Vazamento pode ter prejudicado investigação sob sigilo
A decisão também aponta que o relatório vazado citou nominalmente pessoas que seriam alvo de medidas sigilosas ainda em análise pelo Judiciário — entre elas, o ex-presidente do Corinthians Andrés Sanchez e o prefeito de Salvador, ACM Neto. Segundo o próprio documento citado na decisão, esse caso específico está sob sigilo e pendente de decisão judicial, com parecer da Procuradoria-Geral da República contrário à adoção de medidas ostensivas no momento. Mendonça afirmou que a divulgação prévia dessas informações pode ter frustrado a eficácia de diligências que ainda dependiam de sigilo para funcionar.
Base jurídica da decisão
Mendonça citou precedentes do próprio STF para justificar a medida. Na ADPF 722, o Supremo já havia declarado inconstitucionais atos de produção ou compartilhamento de informações sobre a vida pessoal e as escolhas políticas de cidadãos e servidores públicos. Na ocasião, o STF definiu que atividades de inteligência “devem respeitar o regime democrático, no qual não se admite a perseguição de opositores e aparelhamento político do Estado”.
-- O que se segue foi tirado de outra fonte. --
// Dictionaries decoded, and parts of their rows. Each function owns one thing.
use crate::building::{Lent, column_of_u64, dictionary, mask_of_words};
use crate::plain::{filter_in_column, slice_in_column, take_in_column};
use crate::repeating::{decode_times, filter_times, slice_times, take_times};
use crate::telling::{Told, nothing};
use std::alloc::{AllocError, Global};
use vortex_array::Array;
use vortex_buffer::Mask;
use vortex_dict::DictArray;

// The rows as a plain array.
fn decode(alloc: Global, lent: Lent<'_>, times: usize) -> Result<Told, AllocError> {
    match dictionary(alloc, lent) {
        Ok(dict) => decode_times(alloc, &dict, times),
        Err(e) => Err(e),
    }
}

/// The rows as a plain array.
#[unsafe(no_mangle)]
pub extern "C" fn bench_dictionary_decode(
    alloc: Global,
    narrow: &[u8],
    wide: &[u32],
    numbers: &[u64],
    bytes: &[u8],
    ends: &[usize],
    times: usize,
) -> Told {
    let lent = Lent {
        narrow,
        wide,
        numbers,
        bytes,
        ends,
    };
    decode(alloc, lent, times).unwrap_or(nothing())
}

// The rows that the mask keeps, decoded before.
fn filter_decoded(
    alloc: Global,
    dict: &DictArray,
    mask: &Mask,
    times: usize,
) -> Result<Told, AllocError> {
    match dict.canonicalize(alloc) {
        Ok(rows) => filter_in_column(alloc, &rows, mask, times),
        Err(e) => Err(e),
    }
}

// The rows that the mask keeps.
fn filter_by(
    alloc: Global,
    lent: Lent<'_>,
    mask: &Mask,
    decoded: usize,
    times: usize,
) -> Result<Told, AllocError> {
    let dict = dictionary(alloc, lent)?;
    if decoded == 0 {
        filter_times(alloc, &dict, mask, times)
    } else {
        filter_decoded(alloc, &dict, mask, times)
    }
}

// The rows whose bit is set.
fn filter(
    alloc: Global,
    lent: Lent<'_>,
    mask: &[u64],
    decoded: usize,
    times: usize,
) -> Result<Told, AllocError> {
    match mask_of_words(alloc, mask, lent.rows()) {
        Ok(mask) => filter_by(alloc, lent, &mask, decoded, times),
        Err(e) => Err(e),
    }
}

/// The rows whose bit is set in the mask.
#[unsafe(no_mangle)]
pub extern "C" fn bench_dictionary_filter(
    alloc: Global,
    narrow: &[u8],
    wide: &[u32],
    numbers: &[u64],
    bytes: &[u8],
    ends: &[usize],
    mask: &[u64],
    decoded: usize,
    times: usize,
) -> Told {
    let lent = Lent {
        narrow,
        wide,
        numbers,
        bytes,
        ends,
    };
    filter(alloc, lent, mask, decoded, times).unwrap_or(nothing())
}

// The rows at the places, decoded before.
fn take_decoded(
    alloc: Global,
    dict: &DictArray,
    places: &Array,
    times: usize,
) -> Result<Told, AllocError> {
    match dict.canonicalize(alloc) {
        Ok(rows) => take_in_column(alloc, &rows, places, times),
        Err(e) => Err(e),
    }
}

// The rows at the places.
fn take_at(
    alloc: Global,
    lent: Lent<'_>,
    places: &Array,
    decoded: usize,
    times: usize,
) -> Result<Told, AllocError> {
    let dict = dictionary(alloc, lent)?;
    if decoded == 0 {
        take_times(alloc, &dict, places, times)
    } else {
        take_decoded(alloc, &dict, places, times)
    }
}

// The rows at places.
fn take(
    alloc: Global,
    lent: Lent<'_>,
    places: &[u64],
    decoded: usize,
    times: usize,
) -> Result<Told, AllocError> {
    match column_of_u64(alloc, places) {
        Ok(places) => take_at(alloc, lent, &places, decoded, times),
        Err(e) => Err(e),
    }
}

/// The rows at places.
#[unsafe(no_mangle)]
pub extern "C" fn bench_dictionary_take(
    alloc: Global,
    narrow: &[u8],
    wide: &[u32],
    numbers: &[u64],
    bytes: &[u8],
    ends: &[usize],
    places: &[u64],
    decoded: usize,
    times: usize,
) -> Told {
    let lent = Lent {
        narrow,
        wide,
        numbers,
        bytes,
        ends,
    };
    take(alloc, lent, places, decoded, times).unwrap_or(nothing())
}

// The rows from one place up to another, decoded before.
fn slice_decoded(
    alloc: Global,
    dict: &DictArray,
    start: usize,
    end: usize,
    times: usize,
) -> Result<Told, AllocError> {
    match dict.canonicalize(alloc) {
        Ok(rows) => slice_in_column(alloc, &rows, start, end, times),
        Err(e) => Err(e),
    }
}

// The rows from one place up to another.
fn slice(
    alloc: Global,
    lent: Lent<'_>,
    start: usize,
    end: usize,
    decoded: usize,
    times: usize,
) -> Result<Told, AllocError> {
    let dict = dictionary(alloc, lent)?;
    if decoded == 0 {
        slice_times(alloc, &dict, start, end, times)
    } else {
        slice_decoded(alloc, &dict, start, end, times)
    }
}

/// The rows from one place up to another.
#[unsafe(no_mangle)]
pub extern "C" fn bench_dictionary_slice(
    alloc: Global,
    narrow: &[u8],
    wide: &[u32],
    numbers: &[u64],
    bytes: &[u8],
    ends: &[usize],
    start: usize,
    end: usize,
    decoded: usize,
    times: usize,
) -> Told {
    let lent = Lent {
        narrow,
        wide,
        numbers,
        bytes,
        ends,
    };
    slice(alloc, lent, start, end, decoded, times).unwrap_or(nothing())
}
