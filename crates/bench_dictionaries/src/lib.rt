//! The calls on dictionaries, and the same on decoded columns, under C names, so that `bench/dictionaries` can time them
//! beside stock Rust. Each builds its dictionary once and makes its call so many times, so that what a call costs is what
//! further calls add. Each tells something of the rows that the last call gave.
#![tactic(auto)]

mod answers;
mod building;
mod changes;
mod once;
mod parts;
mod plain;
mod repeating;
mod telling;
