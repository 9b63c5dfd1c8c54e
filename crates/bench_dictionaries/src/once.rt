// Each call on a dictionary once. A function here owns one answer, tells of it and drops it.
ghost use Rattle.std.specs.Prelude.{◌≡◌, ◌≤◌, IsTrue, is_some, length};
ghost use Rattle.vortex_buffer.specs.Mask.{mask_bits};
ghost use Rattle.vortex_array.specs.ColumnOf.{column_of};
ghost use Rattle.vortex_array_kinds.specs.StringValues.{is_text_type};
ghost use Rattle.vortex_array_select.specs.Selected.{NamesRows};
ghost use Rattle.vortex_array_types.specs.Typed.{same_apart_from_nullability};
ghost use Rattle.vortex_dict.specs.Decoded.{dict_column};

use crate::telling::{
    Told, told_answers, told_dictionary, told_extremes, told_filled, told_of, told_slice,
};
use std::alloc::{AllocError, Global};
use vortex_array::{Array, CompareOperator, CompareTo, DType, Scalar};
use vortex_buffer::Mask;
use vortex_dict::DictArray;

/// The rows as a plain array.
pub fn decode_once(alloc: Global, dict: &DictArray) -> Result<Told, AllocError> {
    match dict.canonicalize(alloc) {
        Ok(rows) => Ok(told_of(&rows)),
        Err(e) => Err(e),
    }
}

/// Row by row whether the dictionary is below a constant. Where it does not answer, that is told as want of memory.
pub fn below_once(alloc: Global, dict: &DictArray, bound: &Array) -> Result<Told, AllocError>
    requires same_length { length (dict_column dict.now).rows ≡ length (column_of bound.now).rows }
    requires same_type { IsTrue (same_apart_from_nullability (dict_column dict.now).dtype (column_of bound.now).dtype) }
{
    match dict.compare(alloc, bound, CompareOperator::Lt) {
        Ok(Some(answers)) => told_answers(alloc, &answers),
        Ok(None) => Err(AllocError),
        Err(e) => Err(e),
    }
}

/// Row by row whether the text matches the pattern, as a dictionary. Where there is none, that is told as want of memory.
pub fn like_once(alloc: Global, dict: &DictArray, patterns: &Array) -> Result<Told, AllocError>
    requires same_length { length (dict_column dict.now).rows ≡ length (column_of patterns.now).rows }
    requires texts { IsTrue (is_text_type (dict_column dict.now).dtype) }
    requires patterns { IsTrue (is_text_type (column_of patterns.now).dtype) }
{
    match dict.like(alloc, patterns) {
        Ok(Some(answers)) => Ok(told_dictionary(&answers)),
        Ok(None) => Err(AllocError),
        Err(e) => Err(e),
    }
}

/// Row by row whether the test holds.
pub fn apply_once(
    alloc: Global,
    dict: &DictArray,
    test: &mut CompareTo,
) -> Result<Told, AllocError> {
    match dict.apply(alloc, test) {
        Ok(answers) => told_answers(alloc, &answers),
        Err(e) => Err(e),
    }
}

/// The rows that the mask keeps.
pub fn filter_once(alloc: Global, dict: &DictArray, mask: &Mask) -> Result<Told, AllocError>
    requires { length (mask_bits mask.now) ≡ length (dict_column dict.now).rows }
{
    match dict.filter(alloc, mask) {
        Ok(kept) => Ok(told_dictionary(&kept)),
        Err(e) => Err(e),
    }
}

/// The rows at the places.
pub fn take_once(alloc: Global, dict: &DictArray, places: &Array) -> Result<Told, AllocError>
    requires { NamesRows (column_of places.now) (length (dict_column dict.now).rows) }
{
    match dict.take(alloc, places) {
        Ok(part) => Ok(told_dictionary(&part)),
        Err(e) => Err(e),
    }
}

/// The rows from one place up to another.
pub fn slice_once(
    alloc: Global,
    dict: &DictArray,
    start: usize,
    end: usize,
) -> Result<Told, AllocError>
    requires order { start ≤ end }
    requires within { end ≤ length (dict_column dict.now).rows }
{
    match dict.slice(alloc, start..end) {
        Ok(part) => Ok(told_slice(&part)),
        Err(e) => Err(e),
    }
}

/// The rows, of a type. A refusal is told as want of memory.
pub fn cast_once(alloc: Global, dict: &DictArray, dtype: &DType) -> Result<Told, AllocError> {
    match dict.cast(alloc, dtype) {
        Ok(rows) => Ok(told_dictionary(&rows)),
        Err(_) => Err(AllocError),
    }
}

/// The rows, and the fill in the place of nulls.
pub fn fill_once(alloc: Global, dict: &DictArray, fill: &Scalar) -> Result<Told, AllocError>
    requires value { IsTrue (is_some fill.now.value) }
    requires same_type { IsTrue (same_apart_from_nullability (dict_column dict.now).dtype fill.now.dtype) }
{
    match dict.fill_null(alloc, fill) {
        Ok(rows) => Ok(told_filled(&rows)),
        Err(e) => Err(e),
    }
}

/// The least and the greatest row.
pub fn extremes_once(alloc: Global, dict: &DictArray) -> Result<Told, AllocError> {
    match dict.min_max(alloc) {
        Ok(found) => Ok(told_extremes(dict.len(), &found)),
        Err(e) => Err(e),
    }
}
Já na ADI 6.529, o Tribunal fixou que órgãos públicos só podem fornecer dados e conhecimentos de inteligência quando houver comprovado interesse público, e que qualquer decisão nesse sentido precisa ser formalmente motivada para permitir controle judicial. Com base nesses entendimentos, e em dispositivos da Lei 15.047/2024 (que trata de infrações disciplinares de policiais federais) e do Código de Processo Penal, o ministro concluiu que o afastamento cautelar era medida necessária para impedir que os dois diretores da PF pudessem interferir nas apurações em curso.
O que Mendonça determinou
Além do afastamento dos dois diretores, a decisão determina:
- abertura de procedimento pela Corregedoria da PF para apurar quem determinou, elaborou e teve conhecimento dos relatórios;
- suspensão imediata da produção de qualquer novo relatório de inteligência sobre atos de magistrados, advogados públicos ou policiais no exercício da função;
- comunicação da decisão ao Ministério da Justiça e Segurança Pública e à Procuradoria-Geral da República.
A medida ainda precisa ser referendada pela 2ª Turma do STF, em sessão virtual marcada para esta mesma terça-feira. Até o momento, a Polícia Federal, Andrei Rodrigues e Leandro Almada não se manifestaram publicamente sobre a decisão. O espaço permanece aberto na CGN para manifestação dos envolvidos.